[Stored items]
━━━

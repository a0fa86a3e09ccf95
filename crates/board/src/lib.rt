//! The C interface of the board: each function wraps one entry, has its contract, writes what the entry
//! answers to lent words and returns the number. Crate `board_c` exports them to C.
#![tactic(auto)]

ghost use Rattle.std.specs.Prelude.{◌≡◌, length, replicate, T};
ghost use Rattle.std.specs.Float.Ieee.Scale.{finite};
ghost use Rattle.refusal.specs.Refusal.{number_in};
ghost use Rattle.charstring.specs.Charstring.{decrypted, written};
ghost use Rattle.type1.specs.Interpret.{source_of};
ghost use Rattle.type1_to_type2.specs.Convert.{rooms_of};
ghost use Rattle.type1_to_type2.specs.Finish.{finish};
ghost use Rattle.type1_to_type2.specs.FinishAnswer.{finished_of, finished_answer, finished_output};
ghost use Rattle.widths.specs.Widths.{chosen, zero_width};
ghost use Rattle.boxes.specs.Answers as Boxes;
ghost use Rattle.boxes.specs.Answers.{number_of, four_words, box_words, verdict_word};
ghost use Rattle.board.specs.Answers.{reading_with, matrix_of, widths_of, glyph_words, finished_words, decrypted_words, pair_of, window_of, boxed_words, BoardConverts, BoardFinishes};

use boxes::{Bounds, Boxed, Verdict};
use geometry::Matrix;
use outline::Stem;
use refusal::Refusal;
use type1::Reading;
use type1_to_type2::Type2Glyph;
use type2::Widths;

// The matrix of six entries: a, b, c, d, tx, ty.
fn matrix_of(m: &[f64; 6]) -> Matrix
    ensures { result ≡ matrix_of m.now }
{
    Matrix {
        a: m[0],
        b: m[1],
        c: m[2],
        d: m[3],
        tx: m[4],
        ty: m[5],
    }
}

// How charstrings with this lenIV are read. Bit 0 of the word makes the reading strict; the others have no meaning.
fn reading_of(len_iv: usize, reading: u64) -> Reading
    ensures { result ≡ reading_with len_iv reading }
{
    Reading {
        len_iv,
        strict: reading % 2 == 1,
    }
}

fn widths_of(default_width: f64, nominal_width: f64) -> Widths
    ensures { result ≡ widths_of default_width nominal_width }
{
    Widths {
        default_width_x: default_width,
        nominal_width_x: nominal_width,
    }
}

// The glyph's words into the answer; the number.
fn put_glyph(g: Type2Glyph, answer: &mut [u64; 4]) -> u64
    requires { T (finite g.width) }
    ensures { (result ≡ g.number) × (answer.new ≡ glyph_words g) }
{
    *answer = [g.number, g.len as u64, f64::to_bits(g.width), g.ran as u64];
    g.number
}

// `type1_to_type2::convert_charstring_transformed`. The answer: number, length, the width's bits, bytes run.
pub fn cribstork_convert(
    charstring: &[u8],
    bank: &[u8],
    len_iv: usize,
    reading: u64,
    matrix: &[f64; 6],
    stems: &mut [Stem],
    commands: &mut [u64],
    out: &mut [u8],
    answer: &mut [u64; 4],
) -> u64
    ensures { BoardConverts (source_of charstring.now bank.now) (reading_with len_iv reading) (matrix_of matrix.now)
        (rooms_of stems.old commands.old out.old)
        result stems.new commands.new out.new answer.new }
{
    let g = type1_to_type2::convert_charstring_transformed(
        charstring,
        bank,
        reading_of(len_iv, reading),
        matrix_of(matrix),
        stems,
        commands,
        out,
    );
    put_glyph(g, answer)
}

// The words of a finished charstring: the number, 0 if none, and the length, 0 on a refusal.
fn finished_words(f: Result<usize, Refusal>) -> [u64; 2]
    ensures { result ≡ finished_words (finished_of f) }
{
    match f {
        Ok(len) => [0, len as u64],
        Err(e) => [e.number() as u64, 0],
    }
}

// `Type2Glyph::charstring` of a glyph with this width and program. The answer: number, length.
pub fn cribstork_finish(
    width: f64,
    program: &[u8],
    default_width: f64,
    nominal_width: f64,
    out: &mut [u8],
    answer: &mut [u64; 2],
) -> u64
    ensures value { result ≡ (finished_answer (finish width program.now (widths_of default_width nominal_width) (length out.old))).number }
    ensures answer_after { answer.new ≡ finished_words (finished_answer (finish width program.now (widths_of default_width nominal_width) (length out.old))) }
    ensures out_after { out.new ≡ finished_output (length out.old) (finish width program.now (widths_of default_width nominal_width) (length out.old)) }
{
    let glyph = Type2Glyph {
        number: 0,
        len: program.len(),
        width,
        ran: 0,
    };
    let f = glyph.charstring(program, widths_of(default_width, nominal_width), out);
    let words = finished_words(f);
    *answer = [words[0], words[1]];
    words[0]
}

// `agreement::convert_finished`. `program` is a working store for the program. The answer: number, length,
// the width's bits, bytes run. Where the number is 0, demand 3 holds of the bytes in the output.
pub fn cribstork_convert_finished(
    charstring: &[u8],
    bank: &[u8],
    len_iv: usize,
    reading: u64,
    matrix: &[f64; 6],
    stems: &mut [Stem],
    commands: &mut [u64],
    program: &mut [u8],
    default_width: f64,
    nominal_width: f64,
    out: &mut [u8],
    answer: &mut [u64; 4],
) -> u64
    ensures { BoardFinishes (source_of charstring.now bank.now) (reading_with len_iv reading) (matrix_of matrix.now) (widths_of default_width nominal_width)
        (rooms_of stems.old commands.old program.old) (length out.old)
        result stems.new commands.new program.new out.new answer.new }
{
    let g = agreement::convert_finished(
        charstring,
        bank,
        reading_of(len_iv, reading),
        matrix_of(matrix),
        widths_of(default_width, nominal_width),
        stems,
        commands,
        program,
        out,
    );
    put_glyph(g, answer)
}

// `widths::choose_widths`. The pair: the default and the nominal width, 0 and 0 on a refusal.
pub fn cribstork_choose_widths(widths: &[f64], scratch: &mut [f64], pair: &mut [f64; 2]) -> u64
    ensures value { result ≡ number_in (chosen widths.now (length scratch.old)) }
    ensures pair_after { pair.new ≡ pair_of (chosen widths.now (length scratch.old)) }
    ensures scratch_after { scratch.new ≡ replicate (length scratch.old) zero_width }
{
    match widths::choose_widths(widths, scratch) {
        Ok(w) => {
            *pair = [w.default_width_x, w.nominal_width_x];
            0
        }
        Err(refusal) => {
            *pair = [0.0, 0.0];
            refusal.number() as u64
        }
    }
}

// `charstring::decrypt_charstring`. The answer: number, length.
pub fn cribstork_decrypt(data: &[u8], len_iv: usize, out: &mut [u8], answer: &mut [u64; 2]) -> u64
    ensures value { result ≡ number_in (decrypted len_iv «data».now (length out.old)) }
    ensures answer_after { answer.new ≡ decrypted_words (decrypted len_iv «data».now (length out.old)) }
    ensures out_after { out.new ≡ written len_iv «data».now (length out.old) }
{
    match charstring::decrypt_charstring(data, len_iv, out) {
        Ok(n) => {
            *answer = [0, n as u64];
            0
        }
        Err(refusal) => {
            let number = refusal.number() as u64;
            *answer = [number, 0];
            number
        }
    }
}

// The window of four words: the least x, the least y, the greatest x, the greatest y.
fn window_of(w: &[i64; 4]) -> Bounds
    ensures { result ≡ window_of w.now }
{
    Bounds {
        left: w[0],
        bottom: w[1],
        right: w[2],
        top: w[3],
    }
}

// 0 if the program was not refused.
fn number_of(a: Result<Boxed, Refusal>) -> u64
    ensures { result ≡ number_of a }
{
    match a {
        Err(refusal) => u64::from(refusal.number()),
        Ok(_) => 0,
    }
}

// The word for C: 1 within, 2 crossing, 3 outside; 0 on a refusal.
fn word_of(a: Result<Boxed, Refusal>) -> u64
    ensures { result ≡ verdict_word a }
{
    match a {
        Err(_) => 0,
        Ok(boxed) => match boxed.verdict {
            Verdict::Within => 1,
            Verdict::Crossing => 2,
            Verdict::Outside => 3,
        },
    }
}

// The box; zeros on a refusal.
fn bounds_of(a: Result<Boxed, Refusal>) -> Bounds
    ensures { four_words result ≡ box_words a }
{
    match a {
        Err(_) => Bounds {
            left: 0,
            bottom: 0,
            right: 0,
            top: 0,
        },
        Ok(boxed) => boxed.bounds,
    }
}

// The words of a box: least x, least y, greatest x, greatest y.
fn put_bounds(b: Bounds, bounds: &mut [i64; 4])
    ensures { bounds.new ≡ four_words b }
{
    *bounds = [b.left, b.bottom, b.right, b.top];
}

// `boxes::glyph_box` of a finished charstring. The box: least x, least y, greatest x, greatest y. The answer: number,
// then 1 within, 2 crossing, 3 outside.
pub fn cribstork_box(
    program: &[u8],
    window: &[i64; 4],
    bounds: &mut [i64; 4],
    answer: &mut [u64; 2],
) -> u64
    ensures value { result ≡ number_of (Boxes.answer program.now (window_of window.now)) }
    ensures bounds_after { bounds.new ≡ box_words (Boxes.answer program.now (window_of window.now)) }
    ensures answer_after { answer.new ≡ boxed_words (Boxes.answer program.now (window_of window.now)) }
{
    let a = boxes::glyph_box(program, window_of(window));
    put_bounds(bounds_of(a), bounds);
    *answer = [number_of(a), word_of(a)];
    number_of(a)
}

━━━

Where a line of the data holds "chosen", show that line.

Output of the exercise
ghost use Rattle.widths.specs.Widths.{chosen, zero_width};
    ensures value { result ≡ number_in (chosen widths.now (length scratch.old)) }
    ensures pair_after { pair.new ≡ pair_of (chosen widths.now (length scratch.old)) }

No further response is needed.